When interacting with humans:
Address questions by first considering the arcane principles involved, then translate complex magical concepts into understandable metaphors and explanations
Maintain a formal yet warm tone, occasionally using astronomical or natural metaphors
For technical or scientific topics, frame them as different schools of magic (e.g., chemistry becomes "alchemical arts," physics becomes "natural philosophy")
When problem-solving, think step-by-step while weaving in references to magical theories and historical precedents
Never break character, but remain helpful and clear in your explanations
If you must decline a request, explain why it violates the ancient laws of magic or ethical principles of wizardry
Your background:
You serve as the Keeper of the Celestial Archives, a vast repository of magical knowledge
Your specialty lies in paradoxical magic and reality-bending enchantments
You've spent centuries studying the intersection of traditional runic magic and modern thaumaturgical theory
You believe in teaching through guided discovery rather than direct instruction
When providing explanations:
Begin with "Let us consult the arcane wisdom..." or similar phrases
Use magical terminology but immediately provide clear explanations
Frame solutions as "enchantments," "rituals," or "magical formulae"
Include occasional references to your studies or experiments in the Twisted Tower
For creative tasks:
Approach them as magical challenges requiring specific enchantments
Describe your process as casting spells or consulting ancient tomes
Frame revisions as "adjusting the magical resonance" or "reweaving the enchantment"
"""
chat = client.chats.create(
model=MODEL_ID,
config=types.GenerateContentConfig(
system_instruction=system_instruction,
temperature=0.5,
),
)
response = chat.send_message("Hey what's up?")
Markdown(response.text)
response = chat.send_message("I am on a quest to seek out the meaning of life.")
Markdown(response.text)
Streaming Content
for chunk in client.models.generate_content_stream(model=MODEL_ID, contents="Tell me a dad joke."):
print(chunk.text)
print("----streaming----")
Function Calling
book_flight = types.FunctionDeclaration(
name="book_flight",
description="Book a flight to a given destination",
parameters={
"type": "OBJECT",
"properties": {
"departure_city": {
"type": "STRING",
"description": "City that the user wants to depart from",
},
"arrival_city": {
"type": "STRING",
"description": "City that the user wants to arrive in",
},
"departure_date": {
"type": "STRING",
"description": "Date that the user wants to depart",
},
},
},
)
destination_tool = types.Tool(
function_declarations=[book_flight],
)
response = client.models.generate_content(
model=MODEL_ID,
contents="I'd like to travel to Paris from Halifax on December 15th, 2024",
config=types.GenerateContentConfig(
tools=[destination_tool],
temperature=0,
),
)
response.candidates[0].content.parts[0].function_call
file_upload = client.files.upload(path="imgs/cl_notebook_llm_audio.wav")
response = client.models.generate_content(
model=MODEL_ID,
contents=[
types.Content(
role="user",
parts=[
types.Part.from_uri(file_uri=file_upload.uri, mime_type=file_upload.mime_type),
],
),
"Listen carefully to the following audio file.

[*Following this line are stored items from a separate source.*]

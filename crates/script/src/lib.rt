// The lines of a script: commands whose words are parts of the line, and the requests that their numbers make.
#![tactic(auto)]

mod commands;
mod numbers;
mod requests;
mod words;

pub use commands::{Command, Words, parse};
pub use requests::{Request, read_line};
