// Commands whose words are read as numbers.
ghost use Rattle.std.specs.Prelude.{◌≡◌};
ghost use Rattle.script.specs.Commands.{pieces};
ghost use Rattle.script.specs.Requests.{asked, request_of, Meant};

use super::commands::{Command, Words, parse};
use super::numbers::number;
use lines::{Downlink, Uplink};

// What a script line asks for.
pub type Request = Command<Uplink, Downlink, u16>;

impl Words<'_> {
    // The request of a command whose words are all numbers.
    pub fn request(&self) -> Option<Request>
        ensures { result ≡ asked (pieces self.now) }
    {
        Some(match *self {
            Command::Lines(lines) => Command::Lines(number(lines)?),
            Command::Fault {
                up,
                down,
                most,
                from,
            } => Command::Fault {
                up: Uplink(number(up)?),
                down: Downlink(number(down)?),
                most: number(most)?,
                from: number(from)?,
            },
            Command::Post { up, down, units } => Command::Post {
                up: Uplink(number(up)?),
                down: Downlink(number(down)?),
                units: number(units)?,
            },
            Command::Withdraw { up, down, units } => Command::Withdraw {
                up: Uplink(number(up)?),
                down: Downlink(number(down)?),
                units: number(units)?,
            },
            Command::Plan => Command::Plan,
            Command::Step => Command::Step,
            Command::Run(modes) => Command::Run(number(modes)?),
            Command::Drop => Command::Drop,
            Command::Owed { up, down } => Command::Owed {
                up: Uplink(number(up)?),
                down: Downlink(number(down)?),
            },
        })
    }
}

// The request that a line makes, or none where it is unreadable.
#[tactic(auto, using(crate::proofs::Grammar::meant))]
pub fn read_line(line: &[u8]) -> Option<Request>
    ensures value { result ≡ request_of line.now }
    ensures meant { Meant line.now result }
{
    parse(line)?.request()
}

Provide an executive summary of the content focusing on the works of Chris Levy.",
],
)
Markdown(response.text)
Conclusion
There is lot more it can do by uploading other file formats such as videos and pdfs.

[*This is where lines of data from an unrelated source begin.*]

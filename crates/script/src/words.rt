// The pieces of a line between its spaces.
ghost use Rattle.std.specs.Prelude.{◌≡◌, [], ◌∷◌, length, MatchOption, ◌≢◌};
ghost use Rattle.std.specs.Iterator.{YieldsFirstRef, item_count};
ghost use Rattle.script.specs.Words.{split, more};

// The pieces of what is left of a line: none after its last one.
#[derive(Drop)]
pub(super) struct Pieces<'a>(Option<&'a [u8]>);

impl<'a> Pieces<'a> {
    pub(super) fn of(line: &'a [u8]) -> Pieces<'a>
        ensures { more result.0 ≡ split line.entry.now }
    {
        Pieces(Some(line))
    }
}

impl<'a> Iterator for Pieces<'a> {
    type Item = &'a [u8];

    ghost next_gives = { YieldsFirstRef (λ p. more p.0) };

    ghost remaining = { item_count (λ p. more p.0) };

    fn next(&mut self) -> Option<&'a [u8]> {
        let (piece, rest) = split_piece(self.0?);
        self.0 = rest;
        Some(piece)
    }
}

// The piece of `s` before its first space, and what follows that space.
fn split_piece(s: &[u8]) -> (&[u8], Option<&[u8]>)
    ensures { split s.now ≡ result.0.now ∷ more result.1 }
{
    match s.iter().position(|b| *b == b' ') {
        Some(i) => (&s[..i], Some(&s[i + 1..])),
        None => (s, None),
    }
}

// The character that is all of `head`.
pub(super) fn only_letter(head: &[u8]) -> Option<char>
    ensures { MatchOption result (length head.now ≢ 1) (λ c. head.now ≡ c ∷ []) }
{
    match *head {
        [letter] => Some(char::from(letter)),
        _ => None,
    }
}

There is also some really neat object detection capabilities.
There are lots of cool examples in the Gemini 2.0 Cookbook.
Including how to use the multi modal stream API.

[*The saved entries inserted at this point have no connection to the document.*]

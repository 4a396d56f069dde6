// Files, and whole texts.
ghost use Rattle.std.specs.Prelude.{◌+◌, ◌*◌, ◌≤◌, length, MatchResult};
ghost use Rattle.language.specs.Syntax.{Item, File};
ghost use Rattle.grammar.specs.Text.{pieces, gap};
ghost use Rattle.grammar.specs.ParseAll.{again, items_step, files_step};
ghost use Rattle.rows.specs.Trees.{item_row, file_row};
ghost use Rattle.bodies.specs.Outcome.{Ready, Parsed};
ghost use Rattle.parser.specs.Programs.{file_of, ReadAs, Unread};

use super::element::{Part, all_of};
use super::item::item;
use pieces::eating::{at_end, eat_word, expect, expect_name};
use pieces::flat::check_flat;
use pieces::refused::{Reason, Refused, refuse};
use pieces::words;
use rows::row::Row;

// The largest text.
const TEXT_BYTES: usize = 32768;

// The items of a file, up to the next file or the end.
#[derive(Clone, Copy)]
struct Items;

impl<'a> Part<'a> for Items {
    ghost Tree = { Item };

    ghost words = { item_row };

    ghost list = { again items_step };

    fn read(self, text: &'a [u8], out: &mut Row) -> Result<Option<&'a [u8]>, Refused> {
        if at_end(text) {
            return Ok(None);
        }
        if let Some(_) = eat_word(text, words::FILE) {
            return Ok(None);
        }
        Ok(Some(item(text, out)?))
    }
}

// A file, behind its first word.
fn file<'a>(text: &'a [u8], out: &mut Row) -> Result<&'a [u8], Refused>
    requires ready { Ready 0 text.now out.old }
    ensures { Parsed 0 (file_of (pieces gap text.now)) file_row text.now out.old out.new result }
{
    let (x, rest) = expect_name(text)?;
    let rest = expect(rest, b';')?;
    out.put_name(x);
    let at = out.len;
    out.put(0);
    let (count, rest) = all_of(rest, Items, out)?;
    out.set(at, count);
    Ok(rest)
}

// Files, to the end.
#[derive(Clone, Copy)]
struct Files;

impl<'a> Part<'a> for Files {
    ghost Tree = { File };

    ghost words = { file_row };

    ghost list = { again files_step };

    fn read(self, text: &'a [u8], out: &mut Row) -> Result<Option<&'a [u8]>, Refused> {
        if at_end(text) {
            return Ok(None);
        }
        let Some(rest) = eat_word(text, words::FILE) else {
            return Err(refuse(text, Reason::ExpectedFile));
        };
        Ok(Some(file(rest, out)?))
    }
}

// A whole text: the row of the program that it is, or where and why it is none.
pub fn parse(text: &[u8], out: &mut Row) -> Result<(), Refused>
    requires room { out.old.len + 4 * length text.now + 1 ≤ length out.old.words.now }
    ensures { MatchResult result (λ _. ReadAs text.now out.old out.new) (λ _. Unread text.now) }
{
    if text.len() > TEXT_BYTES {
        return Err(refuse(text, Reason::TextTooLong));
    }
    check_flat(text)?;
    let at = out.len;
    out.put(0);
    let (count, _) = all_of(text, Files, out)?;
    out.set(at, count);
    Ok(())
}

#[cfg(test)]
mod tests {
    use super::*;
    use std::test::Fail;

    // A name that is an argument by itself, and the counts and lengths that are set at the ends.
    #[test]
    fn one_function(rt: HostRuntime) {
        let mut words = [9; 128];
        let mut row = Row {
            words: &mut words,
            len: 0,
        };
        let read = parse(b"file a; fn main(x){f((x));}", &mut row);
        assert!(rt; read.is_ok());
        let len = row.len;
        assert_eq!(rt; len, 28);
        assert_eq!(rt; words[5], 22);
        assert_eq!(rt; words[11], 1);
        assert_eq!(rt; words[19], 26);
        assert_eq!(rt; words[27], 25);
    }

    // All kinds of items, in two files.
    #[test]
    fn two_files(rt: HostRuntime) {
        let mut words = [9; 640];
        let mut row = Row {
            words: &mut words,
            len: 0,
        };
        let text =
            b"file a; var n; array t[3]; array u = 1,2,3; bytes b[4]; bytes s = \"hi\"; table f = g,h; fn g(){} file b; use a: g,n;";
        let read = parse(text, &mut row);
        assert!(rt; read.is_ok());
        let len = row.len;
        assert_eq!(rt; len, 73);
        assert_eq!(rt; words[0], 2);
        assert_eq!(rt; words[3], 7);
    }

    // An operand is missing: the place is that of the piece that stands there.
    #[test]
    fn refused_place(rt: HostRuntime) -> Result<(), Fail> {
        let mut words = [9; 640];
        let mut row = Row {
            words: &mut words,
            len: 0,
        };
        let read = parse(b"file a; fn main(){ x = 1 + ; }", &mut row);
        match read {
            Ok(_) => {
                assert!(rt; false);
                Ok(())
            },
            Err(no) => {
                assert!(rt; matches!(no.reason, Reason::ExpectedExpression));
                assert_eq!(rt; no.left, 3);
                Ok(())
            }
        }
    }
}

I wanted to try the tool use examples with the Google Search tool, but I couldn't get it to work.
Maybe because something is not configured in my Google Cloud account.
I'm not at all familiar with Google Cloud.
I'm excited to try out Gemini 2.0 more. It's a little overwhelming since Google released so much at once.
This is only the Flash version. The larger models will be awesome, I assume. And I can't wait to
try the image editing and generation.